I like listening to podcasts in the shop but I can't hear it over the noise most of the time, especially sanding when I need the distraction most. I've tried earbuds butt you get a little sweaty and they fall out. I also don't like to keep my iphone in my pocket because I'm afraid I'll crush it trying to lift or shove something. I think what I need is a wireless headset but it needs to be heavy duty enough to stay stable. If it was big enough to provide sound isolation that would be great, otherwise small enough to fit earmuffs over the top.

Has anyone else already solved this problem?


----------



## darthford (Feb 17, 2013)

They make wireless sound isolation headphones but your ears will still sweat that's the problem. Just get a 100 watt tube amp and a Mesa 4-12 cabinet you won't hear any machine in your shop over that.


----------



## AandCstyle (Mar 21, 2012)

I use ear buds plugged into my phone. I route the wires from the buds behind my back and keep the phone in my back pocket. Then I put these ear muffs over them which holds the earbuds in place. HTH


----------



## MrRon (Jul 9, 2009)

You mention "distraction". I hope you are not using dangerous machines, like saws or planers with headphones on. This is one place where you definitely don't want distraction. Even sanding has a certain amount of danger involved. Keep safe and pass on the headphones. An amplifier and speaker would be safer.


----------



## Blondewood (Mar 30, 2009)

I like the Logitech ones, rechargeable too. It gets to be a bit much behind the ears with glasses after awhile, but they work pretty good. I've also got the ear muffw where you can plug in a phone or ipod or listen to radio and not have a cord.


----------



## JCam (Apr 29, 2013)

3M makes a set of wired headphones that are noise cancelling as well. Unfortunately they are wired, but I just drop the aux line down my shirt and into my pocket to keep the wire from getting caught up on equipment.


----------



## OggieOglethorpe (Aug 15, 2012)

I use an FM transmitter.

I tune the shop stereo to the transmitter, as well as a set of Worktunes muffs. Both sources are playing the same program source, so I can seamlessly listen as I move between loud and not so loud activities.


----------



## chew72 (Dec 21, 2013)

I'll add my 2 cents. I'm an electrician by trade and spend half my time working by my self or on a part of the project no one else is around. So i listen to podcasts and audiobooks during that time. I use sennheiser behind the neck headphones so i can still hear whats going on around me or if someone calls my name. The cord I wraped up and taped to the back of the headset leaving about 8" and it's hooked to a sansa clip+ mp3 player clipped to the collar of my shirt so nothing gets in the way.

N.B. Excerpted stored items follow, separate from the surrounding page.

//! Candidate tiers, from the highest down: a component gets its tier after all that it leads to, so no step lowers one.

ghost use Rattle.std.specs.Prelude.{◌<◌, ◌^◌, IfSome};

use crate::graph::Graph;
use crate::table::{filled, put, value_of};
use common_values::memory::OutOfMemory;
use std::alloc::Global;

// A node on the path of a walk in depth, the number from which on it has still to look at what the
// node leads to, and its place among the nodes in the order in which the walks came to them, from 1.
#[derive(Clone, Copy)]
struct Visit {
    node: usize,
    from: usize,
    number: u32,
}

// What walks in depth find out about the nodes.
#[derive(Drop)]
struct Depths {
    // For each node 0, if no walk has come to it; or its tier, if it has one; or else the least number
    // of a node to which steps are known to lead. All tiers are greater than all numbers.
    marks: Vec<u32>,
    // The nodes without a tier that the walks came to, in the order in which they did ..
    open: Vec<u32>,
    // .. and how many they are.
    open_count: usize,
    last_number: u32,
    last_tier: u32,
}

// Looks on at the steps of a node, to the first that leads to a node that the walks have not come to.
fn look_on(graph: &Graph, marks: &mut [u32], visit: Visit) -> Option<usize>
    ensures { IfSome result (λ next. next < 2 ^ 31) }
{
    let mut low = value_of(marks, visit.node);
    let mut cursor = graph.cursor(visit.node, visit.from);
    'steps: while let Some(next) = graph.advance(visit.node, &mut cursor) {
        let mark = value_of(marks, next);
        if mark == 0 {
            put(marks, visit.node, low);
            return Some(next);
        }
        low = low.min(mark);
    }
    put(marks, visit.node, low);
    None
}

impl Depths {
    // Comes to a node, which gets the next number and has no tier yet.
    fn come(&mut self, node: usize) -> Visit
        requires { node < 2 ^ 31 }
    {
        let number = self.last_number.wrapping_add(1);
        self.last_number = number;
        put(&mut self.marks, node, number);
        put(&mut self.open, self.open_count, node as u32);
        self.open_count = self.open_count.wrapping_add(1);
        Visit {
            node,
            from: 0,
            number,
        }
    }

    // Leaves a node. If it leads to none without a tier that the walks came to before it, it and all
    // since have a tier of their own.
    fn leave(&mut self, visit: Visit) {
        if value_of(&self.marks, visit.node) != visit.number {
            return;
        }
        'open: while self.open_count > 0 {
            self.open_count -= 1;
            let last = value_of(&self.open, self.open_count) as usize;
            put(&mut self.marks, last, self.last_tier);
            if last == visit.node {
                break;
            }
        }
        self.last_tier = self.last_tier.wrapping_sub(1);
    }

    // Walks in depth from a node. The path is a room for the nodes on the way.
    fn walk(
        &mut self,
        graph: &Graph,
        path: &mut Vec<Visit>,
        start: usize,
    ) -> Result<(), OutOfMemory>
        requires { start < 2 ^ 31 }
    {
        let mut visit = self.come(start);
        'visits: for _ in 0..u64::MAX {
            match look_on(graph, &mut self.marks, visit) {
                Some(next) => {
                    visit.from = next;
                    path.push(visit)?;
                    visit = self.come(next);
                }
                None => {
                    self.leave(visit);
                    let Some(last) = path.pop() else {
                        return Ok(());
                    };
                    visit = last;
                }
            }
        }
        Ok(())
    }
}

/// Returns a candidate tier for each node: no step lowers the tier, and each strongly connected component
/// has its own.
///
/// It uses Tarjan's algorithm and visits each step once or twice. No contract says so, but the caller
/// checks the result.
///
/// # Errors
/// `OutOfMemory` if an allocation fails.
pub fn guess_tiers(alloc: Global, graph: &Graph) -> Result<Vec<u32>, OutOfMemory> {
    let count = graph.count();
    let mut depths = Depths {
        marks: filled(alloc, count, 0)?,
        open: filled(alloc, count, 0)?,
        open_count: 0,
        last_number: 0,
        last_tier: u32::MAX,
    };
    let mut path = Vec::new(alloc);
    'nodes: for node in 0..count {
        if value_of(&depths.marks, node) == 0 {
            depths.walk(graph, &mut path, node)?;
        }
    }
    Ok(depths.marks)
}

In the shop, while bucking logs or cutting grass. i use the sansa clip + on my collar paired with bose earbuds taped to make them shorter and hearing protection muffs great combo. I can listen to an audio book with a mower or planer running etc.

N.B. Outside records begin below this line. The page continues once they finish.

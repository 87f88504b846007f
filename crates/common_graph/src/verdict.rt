//! The verdict on a graph: a candidate, its check, and the slow method only if the check fails.

ghost use Rattle.std.specs.Prelude.{◌≡◌, IfOk, IfSome};
ghost use Rattle.common_graph.specs.Search.{Holds};
ghost use Rattle.common_graph.specs.Verdict.{IsVerdict, Passes};

use crate::cycle::least_cycle;
use crate::graph::Graph;
use crate::rank_walk::guess_ranks;
use crate::ranks::are_ranks;
use crate::rising::exact_ranks;
use crate::table::first_fall;
use crate::tier_walk::guess_tiers;
use common_values::memory::OutOfMemory;
use std::alloc::Global;

/// The ranks of a graph, or its least cycle.
#[derive(Drop)]
pub enum Verdict {
    /// No steps form a cycle. The rank of a node is 0 if it leads nowhere, otherwise one more than the
    /// highest rank that it leads to.
    Ranks {
        /// The ranks of the nodes, in order.
        ranks: Vec<u32>,
    },
    /// Some steps form a cycle. The least cycle starts at the lowest node on any cycle; it is one of the
    /// shortest from there, and of these the least as a list.
    Cycle {
        /// The nodes of the cycle: each leads to the next, and the last to the first.
        nodes: Vec<u32>,
    },
}

// The ranks, if a walk in depth found them.
fn guessed_verdict(alloc: Global, graph: &Graph) -> Result<Option<Vec<u32>>, OutOfMemory>
    ensures { IfOk result (λ found. IfSome found (λ ranks. Passes graph.now ranks.items)) }
{
    let Some(ranks) = guess_ranks(alloc, graph)? else {
        return Ok(None);
    };
    if !are_ranks(graph, &ranks) {
        return Ok(None);
    }
    Ok(Some(ranks))
}

// Tiers that no step lowers: those that a walk in depth finds, or else the same for all nodes.
fn sound_tiers(alloc: Global, graph: &Graph) -> Result<Vec<u32>, OutOfMemory>
    ensures { IfOk result (λ tiers. Holds graph.now tiers.items 0) }
{
    let tiers = guess_tiers(alloc, graph)?;
    if first_fall(graph, &tiers, 0).is_some() {
        return Ok(Vec::new(alloc));
    }
    Ok(tiers)
}

/// Returns the verdict on `graph`.
///
/// By design, not proved, it visits each step two or three times if no steps form a cycle, and otherwise
/// about six times.
///
/// # Errors
/// `OutOfMemory` if an allocation fails.
pub fn verdict_of(alloc: Global, graph: &Graph) -> Result<Verdict, OutOfMemory>
    ensures { IfOk result (IsVerdict graph.now) }
{
    if let Some(ranks) = guessed_verdict(alloc, graph)? {
        return Ok(Verdict::Ranks { ranks });
    }
    let tiers = sound_tiers(alloc, graph)?;
    match least_cycle(alloc, graph, &tiers)? {
        Some(nodes) => Ok(Verdict::Cycle { nodes }),
        None => Ok(Verdict::Ranks {
            ranks: exact_ranks(alloc, graph)?,
        }),
    }
}
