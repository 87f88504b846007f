//! The checks of ranks, whether a heuristic of this crate found them or a caller claims them.

ghost use Rattle.std.specs.Prelude.{◌≡◌, ◌<◌, ◌↔◌, length, slice_get, IsTrue, MatchOption};
ghost use Rattle.common_graph.specs.Graph.{Fall, FallFrom, IsFirstRise};
ghost use Rattle.common_graph.specs.Search.{IsRanked, IsRiseFrom};
ghost use Rattle.common_graph.specs.Verdict.{AreAllRanks};

use crate::graph::{Graph, Step};
use crate::table::{first_within, value_of};

// The rank that a list has for a node.
#[inline]
fn rank_of(ranks: &[u32], node: usize) -> Option<u32>
    ensures { result ≡ slice_get ranks.now node }
{
    ranks.get(node).copied()
}

// Whether a list has the rank of a node.
fn is_ranked(graph: &Graph, ranks: &[u32], node: usize) -> bool
    ensures { IsTrue result ↔ IsRanked graph.now ranks.now node }
{
    let Some(own) = rank_of(ranks, node) else {
        return false;
    };
    let mut height = 0u64;
    let mut cursor = graph.cursor(node, 0);
    'steps: while let Some(next) = graph.advance(node, &mut cursor) {
        let Some(lower) = rank_of(ranks, next) else {
            return false;
        };
        height = height.max(u64::from(lower) + 1);
    }
    u64::from(own) == height
}

/// Reports whether `ranks` are the ranks of all nodes, in order.
///
/// The rank of a node is one more than the highest rank that it leads to, or 0 if it leads nowhere. It
/// visits each step at most once.
pub fn are_ranks(graph: &Graph, ranks: &[u32]) -> bool
    ensures { IsTrue result ↔ AreAllRanks graph.now ranks.now }
{
    if ranks.len() != graph.count() {
        return false;
    }
    'nodes: for node in 0..graph.count() {
        if !is_ranked(graph, ranks, node) {
            return false;
        }
    }
    true
}

// The first step from a node along which ranks do not fall.
#[inline]
fn rise_from(graph: &Graph, ranks: &[u32], node: usize) -> Option<usize>
    ensures { MatchOption result (FallFrom graph.now ranks.now node) (IsRiseFrom graph.now ranks.now node) }
{
    first_within(graph, ranks, node, value_of(ranks, node), u32::MAX)
}

/// Returns the first step along which `ranks` do not fall, by the node that it leaves, then by the node
/// that it reaches.
///
/// Returns `None` if they fall along every step. A missing rank counts as 0. It visits each step at most
/// once.
pub fn first_rise(graph: &Graph, ranks: &[u32]) -> Option<Step>
    ensures { MatchOption result (Fall graph.now ranks.now)
        (λ step. IsFirstRise graph.now ranks.now step.node step.next) }
{
    'nodes: for node in 0..graph.count() {
        if let Some(next) = rise_from(graph, ranks, node) {
            return Some(Step { node, next });
        }
    }
    None
}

Edit: and ps the nice thing about the small mp3 player if I'm into a good book, I can also play it on the car stereo while driving.


----------



## becikeja (Sep 12, 2010)

I don't know which ones to get, but definitely don't get the Ryobi ones. They're OK (I didnt say good I said OK) as far as ear muffs go, but are terrible for music.


----------



## DeltaDaddy (Nov 15, 2013)

I use sony earbuds that have interchangeable sized inserts and a belt clip holder for my ipod, but most importantly what podcasts do you listen to? I think this needs a new thread too.


----------



## Biff (Nov 19, 2012)

I don't like the cords dangling when I'm in the shop. I have a Backbeats wireless in-ear headset and a wireless over the ear set. Both work great. The over the ear ones would get a little sweaty. I found cotton pilot headset ear covers on ebay for $6…problem solved!


----------